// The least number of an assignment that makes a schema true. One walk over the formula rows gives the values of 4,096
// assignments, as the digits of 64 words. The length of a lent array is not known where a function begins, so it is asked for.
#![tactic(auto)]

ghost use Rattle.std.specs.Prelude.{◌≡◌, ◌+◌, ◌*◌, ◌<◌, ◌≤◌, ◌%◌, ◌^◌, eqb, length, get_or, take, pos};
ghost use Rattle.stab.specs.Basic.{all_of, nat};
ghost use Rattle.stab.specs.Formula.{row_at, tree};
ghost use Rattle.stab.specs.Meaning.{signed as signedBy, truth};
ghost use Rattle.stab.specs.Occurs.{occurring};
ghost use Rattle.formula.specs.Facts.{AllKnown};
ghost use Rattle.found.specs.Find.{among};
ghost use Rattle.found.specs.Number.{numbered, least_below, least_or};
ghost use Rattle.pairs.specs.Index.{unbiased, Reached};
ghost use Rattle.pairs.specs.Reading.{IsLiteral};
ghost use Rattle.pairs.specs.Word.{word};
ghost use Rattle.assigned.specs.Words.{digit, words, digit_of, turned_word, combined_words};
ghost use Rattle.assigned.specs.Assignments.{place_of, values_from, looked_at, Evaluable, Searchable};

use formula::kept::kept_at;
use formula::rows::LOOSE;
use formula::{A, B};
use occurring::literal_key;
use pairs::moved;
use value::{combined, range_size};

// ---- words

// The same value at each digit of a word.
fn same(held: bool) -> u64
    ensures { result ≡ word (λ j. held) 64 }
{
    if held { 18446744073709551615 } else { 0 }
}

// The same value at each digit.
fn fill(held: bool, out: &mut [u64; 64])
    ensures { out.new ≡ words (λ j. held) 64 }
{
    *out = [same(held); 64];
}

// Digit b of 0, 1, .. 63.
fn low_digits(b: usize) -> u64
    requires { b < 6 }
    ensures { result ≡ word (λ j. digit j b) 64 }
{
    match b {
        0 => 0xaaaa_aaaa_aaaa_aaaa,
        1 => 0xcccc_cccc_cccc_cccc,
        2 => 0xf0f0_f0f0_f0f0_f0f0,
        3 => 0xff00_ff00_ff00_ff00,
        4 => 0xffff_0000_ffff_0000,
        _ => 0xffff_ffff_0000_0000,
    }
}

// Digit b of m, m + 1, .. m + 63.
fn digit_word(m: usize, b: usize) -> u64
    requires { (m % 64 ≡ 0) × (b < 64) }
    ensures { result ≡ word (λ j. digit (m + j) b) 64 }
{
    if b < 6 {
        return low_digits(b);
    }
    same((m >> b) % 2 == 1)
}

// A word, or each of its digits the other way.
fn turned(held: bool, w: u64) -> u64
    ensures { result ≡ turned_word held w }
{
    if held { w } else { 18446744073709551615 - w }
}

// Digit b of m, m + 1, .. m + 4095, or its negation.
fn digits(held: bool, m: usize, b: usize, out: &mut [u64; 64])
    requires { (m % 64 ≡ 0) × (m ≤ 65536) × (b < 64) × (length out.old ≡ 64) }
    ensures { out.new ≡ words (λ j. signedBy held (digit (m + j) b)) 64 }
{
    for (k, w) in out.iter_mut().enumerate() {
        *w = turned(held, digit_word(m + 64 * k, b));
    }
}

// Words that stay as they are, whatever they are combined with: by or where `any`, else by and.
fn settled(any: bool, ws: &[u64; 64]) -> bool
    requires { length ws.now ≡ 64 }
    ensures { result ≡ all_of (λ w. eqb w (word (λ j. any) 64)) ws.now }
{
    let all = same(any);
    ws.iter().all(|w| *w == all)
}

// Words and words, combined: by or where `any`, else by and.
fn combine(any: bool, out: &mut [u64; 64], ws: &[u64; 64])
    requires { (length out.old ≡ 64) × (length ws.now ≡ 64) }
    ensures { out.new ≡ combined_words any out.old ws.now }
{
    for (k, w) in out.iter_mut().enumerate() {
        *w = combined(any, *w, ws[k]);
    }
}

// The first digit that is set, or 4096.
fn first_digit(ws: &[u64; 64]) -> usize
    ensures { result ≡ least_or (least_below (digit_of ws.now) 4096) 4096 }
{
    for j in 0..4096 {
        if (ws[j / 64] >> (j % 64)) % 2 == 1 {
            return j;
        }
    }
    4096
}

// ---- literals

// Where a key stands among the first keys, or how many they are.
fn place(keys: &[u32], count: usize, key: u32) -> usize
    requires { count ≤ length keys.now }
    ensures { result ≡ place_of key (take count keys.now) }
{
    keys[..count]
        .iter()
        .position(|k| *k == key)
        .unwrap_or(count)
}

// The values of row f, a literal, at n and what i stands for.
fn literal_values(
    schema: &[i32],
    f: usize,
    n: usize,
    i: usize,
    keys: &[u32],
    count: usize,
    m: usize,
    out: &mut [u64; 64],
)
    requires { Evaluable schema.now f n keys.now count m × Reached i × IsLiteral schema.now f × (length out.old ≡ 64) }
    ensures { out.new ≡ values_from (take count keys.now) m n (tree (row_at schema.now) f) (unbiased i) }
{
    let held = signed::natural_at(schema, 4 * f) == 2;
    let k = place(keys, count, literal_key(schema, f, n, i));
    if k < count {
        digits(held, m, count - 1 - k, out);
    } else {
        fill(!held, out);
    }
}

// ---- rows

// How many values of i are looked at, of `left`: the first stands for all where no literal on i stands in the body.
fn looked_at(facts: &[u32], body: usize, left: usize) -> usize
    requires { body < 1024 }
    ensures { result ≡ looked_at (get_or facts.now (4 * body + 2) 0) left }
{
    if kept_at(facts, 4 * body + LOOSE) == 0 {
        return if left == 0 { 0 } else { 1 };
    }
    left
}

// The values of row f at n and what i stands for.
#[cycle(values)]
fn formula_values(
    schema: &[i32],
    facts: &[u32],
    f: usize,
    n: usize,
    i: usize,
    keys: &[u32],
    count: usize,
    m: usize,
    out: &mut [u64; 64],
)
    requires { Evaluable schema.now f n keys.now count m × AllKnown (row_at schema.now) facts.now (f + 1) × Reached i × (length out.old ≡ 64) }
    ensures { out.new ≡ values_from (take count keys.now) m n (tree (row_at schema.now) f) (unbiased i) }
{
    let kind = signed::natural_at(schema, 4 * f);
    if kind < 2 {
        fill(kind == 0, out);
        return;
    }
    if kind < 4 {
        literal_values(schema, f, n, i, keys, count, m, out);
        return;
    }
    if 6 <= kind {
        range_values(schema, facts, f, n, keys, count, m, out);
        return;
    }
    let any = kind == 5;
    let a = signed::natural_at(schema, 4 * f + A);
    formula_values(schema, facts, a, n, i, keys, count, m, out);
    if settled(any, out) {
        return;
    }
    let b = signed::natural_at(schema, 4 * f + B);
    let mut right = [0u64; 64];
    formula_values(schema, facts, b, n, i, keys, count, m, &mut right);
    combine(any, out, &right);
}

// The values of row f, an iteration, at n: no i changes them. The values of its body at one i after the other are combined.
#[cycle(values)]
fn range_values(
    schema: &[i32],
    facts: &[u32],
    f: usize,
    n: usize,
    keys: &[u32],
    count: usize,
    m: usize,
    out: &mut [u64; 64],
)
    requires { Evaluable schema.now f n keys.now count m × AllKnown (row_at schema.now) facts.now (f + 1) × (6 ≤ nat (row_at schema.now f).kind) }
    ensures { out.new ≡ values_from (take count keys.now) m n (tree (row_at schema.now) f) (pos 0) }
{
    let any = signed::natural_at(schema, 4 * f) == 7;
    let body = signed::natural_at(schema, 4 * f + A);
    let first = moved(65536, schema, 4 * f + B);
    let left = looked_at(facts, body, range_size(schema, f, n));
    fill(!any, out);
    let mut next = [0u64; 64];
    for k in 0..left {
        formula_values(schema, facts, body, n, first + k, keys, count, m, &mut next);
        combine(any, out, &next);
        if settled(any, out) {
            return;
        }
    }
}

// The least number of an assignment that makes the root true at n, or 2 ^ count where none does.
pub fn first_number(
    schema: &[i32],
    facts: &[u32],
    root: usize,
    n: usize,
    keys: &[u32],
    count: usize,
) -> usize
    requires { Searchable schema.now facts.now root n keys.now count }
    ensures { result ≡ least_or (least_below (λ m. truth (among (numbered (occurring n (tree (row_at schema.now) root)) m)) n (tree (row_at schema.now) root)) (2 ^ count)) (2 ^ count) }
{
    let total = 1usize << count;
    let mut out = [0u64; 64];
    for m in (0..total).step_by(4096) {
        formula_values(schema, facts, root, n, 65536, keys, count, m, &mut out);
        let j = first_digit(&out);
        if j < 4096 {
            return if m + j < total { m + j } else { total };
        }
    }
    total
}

● **Task**
From the material above, report how many lines contain the word "found", giving only the number.

● **Response area**
2